Amy zacisnęła zęby i szybko powiedziała jakąś liczbę.
Luna odpowiedziała błyskawicznie.
„Powiedziałeś, trzysta to trzysta! To ustalone!”
Amy szybko odwróciła głowę, żeby spojrzeć na Lunę, akurat w momencie, gdy na jej ustach pojawił się uśmiech.
Cholera!
Została oszukana!
Luna od początku wiedziała, że Amy nie zdoła uzbierać 500 juanów.
W latach 70. XX wieku rodzinie mieszkającej w mieście zaoszczędzenie 500 juanów zajmowało dwa lata, nawet bez jedzenia i picia, a dla mieszkańców wsi była to jeszcze większa suma pieniędzy.
Luna tak naprawdę chce wiedzieć, ile pieniędzy ma Amy.
Pensja Maxa i dotacja od Zane'a są w jej rękach. Tylko Amy wie, ile pieniędzy ukryła.
Te trzysta dolarów to z pewnością duża suma pieniędzy, która sprawi, że Amy będzie mocno krwawić.
Amy otworzyła usta, ale gardło miała tak suche, że chciała mówić, lecz nie mogła.
Mogę jedynie przeboleć tę stratę w milczeniu.
Po tym, jak Luna złożyła pierwszą prośbę, szybko złożyła drugą.
„Ten dom został kupiony za lata pracy mojej mamy. Po śmierci mamy w domu zarejestrowano tylko nazwiska taty, mnie i Jasona. Nawet gdybym się ożenił, mój rejestr domowy nadal by tu był. Moją drugą prośbą jest, aby rejestr domowy Amy i Cindy nie mógł zostać przeniesiony do tego domu”.
„Ty…ty…ty…”
Tym razem Amy była tak zła, że trzęsły jej się ręce, a twarz zrobiła się czerwona.
Tęskniła za miejskim hukou, aby móc jeść zboże produkowane przemysłowo w mieście.
Przez pięć lat odkąd się pobrali, Max zawsze był jej posłuszny we wszystkim, z wyjątkiem kwestii meldunku, w której nigdy nie ustąpił.
Teraz, gdy Luna wysunęła tę prośbę, nadzieje Amy na przyszłość legły w gruzach.
Max skinął głową i zgodził się pierwszy: „Okej. Kiedy Cindy pójdzie na studia, będzie mogła przenieść swoją rejestrację gospodarstwa domowego do szkoły, a szkoła będzie rozdawać racje żywnościowe”.
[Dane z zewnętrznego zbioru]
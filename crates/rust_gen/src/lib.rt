//! The generator: from a checked world and options to the tree of its bindings file and the file's text.
#![tactic(auto)]

mod code_law;
mod export;
mod exported;
mod fixed_name;
mod generate;
mod import;
mod post_return;
mod runtime;
mod signature;
mod sites;
mod tables;
mod tree;
mod wrappers;

pub use code_law::one_code_law;
pub use gen_accept::{
    ChainingMode, Clash, Entry, ExportKey, GenError, Lack, MissingWith, Opts, TooLarge, WithOption,
};
pub use gen_files::Files;
pub use generate::{Build, RustWasm};
pub use rust_tree::to_rust_ident;
pub use type_defs::{Ownership, OwnershipFault};
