//! What is kept of the layout of a type.

ghost use Rattle.std.specs.Prelude.{◌≡◌, length, IfOk, IsTrue};
ghost use Rattle.wit_model.specs.Numbered.{kind_numbered};
ghost use Rattle.wit_model.specs.TypeOrder.{parts_below};

use crate::kind::{extent_of_kind, offsets_of_kind, payload_of_kind};
use crate::stored::StoredExtent;
use std::alloc::Global;
use wit_model::{ArchitectureSize, List, OutOfMemory, TypeDefKind};

/// What is kept of an entry of the table of types.
#[derive(Debug, Drop)]
pub(crate) struct TypeLayout {
    pub(crate) extent: StoredExtent,
    /// Where the payload of a variant, an option or a result stands, and where an enum ends; 0 for each other kind, for an
    /// alias too.
    pub(crate) payload: ArchitectureSize,
    /// Where the fields of a record or a tuple stand, or key and value in an entry of a map; empty for each other kind, for
    /// an alias too.
    pub(crate) offsets: List<ArchitectureSize>,
}

impl TypeLayout {
    ghost use Rattle.wit_layout.specs.inside.KindLayout.{IsKindLayout};

    /// The layout of a kind, by those of the entries before it, if it can be stored.
    pub(crate) fn of_kind(
        alloc: Global,
        layouts: &[TypeLayout],
        kind: &TypeDefKind,
    ) -> Result<Option<TypeLayout>, OutOfMemory>
        requires below { IsTrue (parts_below (length layouts.now) kind.now) }
        requires numbered { IsTrue (kind_numbered kind.now) }
        ensures { IfOk result (IsKindLayout layouts.now kind.now) }
    {
        match extent_of_kind(layouts, kind) {
            None => Ok(None),
            Some(extent) => Ok(Some(TypeLayout {
                extent,
                payload: payload_of_kind(layouts, kind),
                offsets: offsets_of_kind(alloc, layouts, kind)?,
            })),
        }
    }
}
W ten sposób udało się załatwić sprawę meldunkową Cindy. Gdyby Amy robiła zamieszanie z powodu rejestracji swojego gospodarstwa domowego, byłoby to nierozsądne i niezgodne z jej wyobrażeniem czystego, białego lotosu.
Mogła tylko patrzeć na Lunę z niechęcią w oczach.
W tym momencie w sercu Luny krążyła tylko jedna myśl: Jeśli pragniesz miejskiego hukou, to po prostu marzysz!